_What you should do:_ Your job is to copy all the entries precisely as they stand.

────────────────────────────────────────

//! The folder of a device, read and made a device.
ghost use Rattle.std.specs.Prelude.{◌≡◌, ◌≤◌, length, IfOk};
ghost use Rattle.std.specs.List.{All};
ghost use Rattle.nc_schema.specs.Configuration.{IsConfiguration};
ghost use Rattle.nc_schema.specs.Proper.{IsProperSchema};
ghost use Rattle.nc_schema.specs.Violations.{IsValid};
ghost use Rattle.nc_setup.specs.Setup.{IsSetup};
ghost use Rattle.nc_yang.specs.Texts.{module_limit, text_limit};
ghost use Rattle.nc_device.specs.Devices.{IsDevice};
ghost use Rattle.nc_device.specs.Outside.{filing, making};
ghost use Rattle.nc_device.specs.inner.Preparing.{IsRead, MakesOf, Prepares};

use crate::header::header_of;
use nc_names::{Bytes, Memory};
use nc_outside::{FileFault, Files};
use nc_patterns::Maker;
use nc_schema::Schema;
use nc_setup::{Contents, Setup, read_folder, set_up};
use nc_tree::Config;
use nc_words::RunEnd;
use std::alloc::Global;

/// What the folder of a device makes.
#[derive(Drop)]
pub struct Device {
    /// The schema of its modules (RFC 7950).
    pub schema: Schema,
    /// The configuration with which a store begins that has none, valid by the schema.
    pub initial: Config,
    /// The header of its store.
    pub header: Bytes,
    /// How many modules the folder has.
    pub modules: u64,
}

// What the folder holds.
fn contents_of<F: Files>(alloc: Global, files: &mut F, folder: &str) -> Result<Contents, RunEnd>
    ensures read { IsRead (F.files files.old) folder.now (F.faults files.old) (F.faults files.new) result }
    ensures files { F.files files.new ≡ F.files files.old }
{
    match read_folder(alloc, files, folder) {
        Ok(contents) => Ok(contents),
        Err(FileFault::Failed) => Err(RunEnd::Files),
        Err(FileFault::Memory) => Err(RunEnd::Memory),
    }
}

// The device of a setup.
fn with_header(alloc: Global, contents: &Contents, setup: Setup) -> Result<Device, Memory>
    requires setup { IsSetup contents.now setup }
    ensures device { IfOk result (λ it. IsDevice contents.now it) }
    ensures schema { IfOk result (λ it. it.schema ≡ setup.schema) }
    ensures initial { IfOk result (λ it. it.initial ≡ setup.running) }
{
    let header = header_of(alloc, &contents.modules, &contents.features)?;
    let Setup { schema, running } = setup;
    Ok(Device {
        schema,
        initial: running,
        header,
        modules: contents.modules.len() as u64,
    })
}

// The device that contents make.
fn made<P: Maker>(alloc: Global, contents: &Contents, maker: &mut P) -> Result<Device, RunEnd>
    ensures made { MakesOf contents.now
        (making (P.refusals maker.old) (P.last_refused maker.old))
        (making (P.refusals maker.new) (P.last_refused maker.new)) result }
    ensures proper { IfOk result (λ it. IsProperSchema it.schema) }
    ensures initial { IfOk result (λ it. IsConfiguration it.schema it.initial) }
    ensures valid { IfOk result (λ it. IsValid it.schema it.initial) }
{
    match set_up(alloc, contents, maker) {
        Ok(setup) => Ok(with_header(alloc, contents, setup)?),
        Err(fault) => Err(RunEnd::Setup(fault)),
    }
}

/// The device that the folder makes.
pub(crate) fn device_of<F: Files, P: Maker>(
    alloc: Global,
    files: &mut F,
    folder: &str,
    maker: &mut P,
) -> Result<Device, RunEnd>
    ensures prepares { Prepares folder.now
        (filing (F.files files.old) (F.faults files.old))
        (filing (F.files files.new) (F.faults files.new))
        (making (P.refusals maker.old) (P.last_refused maker.old))
        (making (P.refusals maker.new) (P.last_refused maker.new)) result }
    ensures proper { IfOk result (λ it. IsProperSchema it.schema) }
    ensures initial { IfOk result (λ it. IsConfiguration it.schema it.initial) }
    ensures valid { IfOk result (λ it. IsValid it.schema it.initial) }
{
    let contents = contents_of(alloc, files, folder)?;
    made(alloc, &contents, maker)
}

────────────────────────────────────────

_Response to this task:_
//! The folder of a device, read and made a device.
ghost use Rattle.std.specs.Prelude.{◌≡◌, ◌≤◌, length, IfOk};
ghost use Rattle.std.specs.List.{All};
ghost use Rattle.nc_schema.specs.Configuration.{IsConfiguration};
ghost use Rattle.nc_schema.specs.Proper.{IsProperSchema};
ghost use Rattle.nc_schema.specs.Violations.{IsValid};
ghost use Rattle.nc_setup.specs.Setup.{IsSetup};
ghost use Rattle.nc_yang.specs.Texts.{module_limit, text_limit};
ghost use Rattle.nc_device.specs.Devices.{IsDevice};
ghost use Rattle.nc_device.specs.Outside.{filing, making};
ghost use Rattle.nc_device.specs.inner.Preparing.{IsRead, MakesOf, Prepares};

use crate::header::header_of;
use nc_names::{Bytes, Memory};
use nc_outside::{FileFault, Files};
use nc_patterns::Maker;
use nc_schema::Schema;
use nc_setup::{Contents, Setup, read_folder, set_up};
use nc_tree::Config;
use nc_words::RunEnd;
use std::alloc::Global;

/// What the folder of a device makes.
#[derive(Drop)]
pub struct Device {
    /// The schema of its modules (RFC 7950).
    pub schema: Schema,
    /// The configuration with which a store begins that has none, valid by the schema.
    pub initial: Config,
    /// The header of its store.
    pub header: Bytes,
    /// How many modules the folder has.
    pub modules: u64,
}

// What the folder holds.
fn contents_of<F: Files>(alloc: Global, files: &mut F, folder: &str) -> Result<Contents, RunEnd>
    ensures read { IsRead (F.files files.old) folder.now (F.faults files.old) (F.faults files.new) result }
    ensures files { F.files files.new ≡ F.files files.old }
{
    match read_folder(alloc, files, folder) {
        Ok(contents) => Ok(contents),
        Err(FileFault::Failed) => Err(RunEnd::Files),
        Err(FileFault::Memory) => Err(RunEnd::Memory),
    }
}

// The device of a setup.
fn with_header(alloc: Global, contents: &Contents, setup: Setup) -> Result<Device, Memory>
    requires setup { IsSetup contents.now setup }
    ensures device { IfOk result (λ it. IsDevice contents.now it) }
    ensures schema { IfOk result (λ it. it.schema ≡ setup.schema) }
    ensures initial { IfOk result (λ it. it.initial ≡ setup.running) }
{
    let header = header_of(alloc, &contents.modules, &contents.features)?;
    let Setup { schema, running } = setup;
    Ok(Device {
        schema,
        initial: running,
        header,
        modules: contents.modules.len() as u64,
    })
}

// The device that contents make.
fn made<P: Maker>(alloc: Global, contents: &Contents, maker: &mut P) -> Result<Device, RunEnd>
    ensures made { MakesOf contents.now
        (making (P.refusals maker.old) (P.last_refused maker.old))
        (making (P.refusals maker.new) (P.last_refused maker.new)) result }
    ensures proper { IfOk result (λ it. IsProperSchema it.schema) }
    ensures initial { IfOk result (λ it. IsConfiguration it.schema it.initial) }
    ensures valid { IfOk result (λ it. IsValid it.schema it.initial) }
{
    match set_up(alloc, contents, maker) {
        Ok(setup) => Ok(with_header(alloc, contents, setup)?),
        Err(fault) => Err(RunEnd::Setup(fault)),
    }
}

/// The device that the folder makes.
pub(crate) fn device_of<F: Files, P: Maker>(
    alloc: Global,
    files: &mut F,
    folder: &str,
    maker: &mut P,
) -> Result<Device, RunEnd>
    ensures prepares { Prepares folder.now
        (filing (F.files files.old) (F.faults files.old))
        (filing (F.files files.new) (F.faults files.new))
        (making (P.refusals maker.old) (P.last_refused maker.old))
        (making (P.refusals maker.new) (P.last_refused maker.new)) result }
    ensures proper { IfOk result (λ it. IsProperSchema it.schema) }
    ensures initial { IfOk result (λ it. IsConfiguration it.schema it.initial) }
    ensures valid { IfOk result (λ it. IsValid it.schema it.initial) }
{
    let contents = contents_of(alloc, files, folder)?;
    made(alloc, &contents, maker)
}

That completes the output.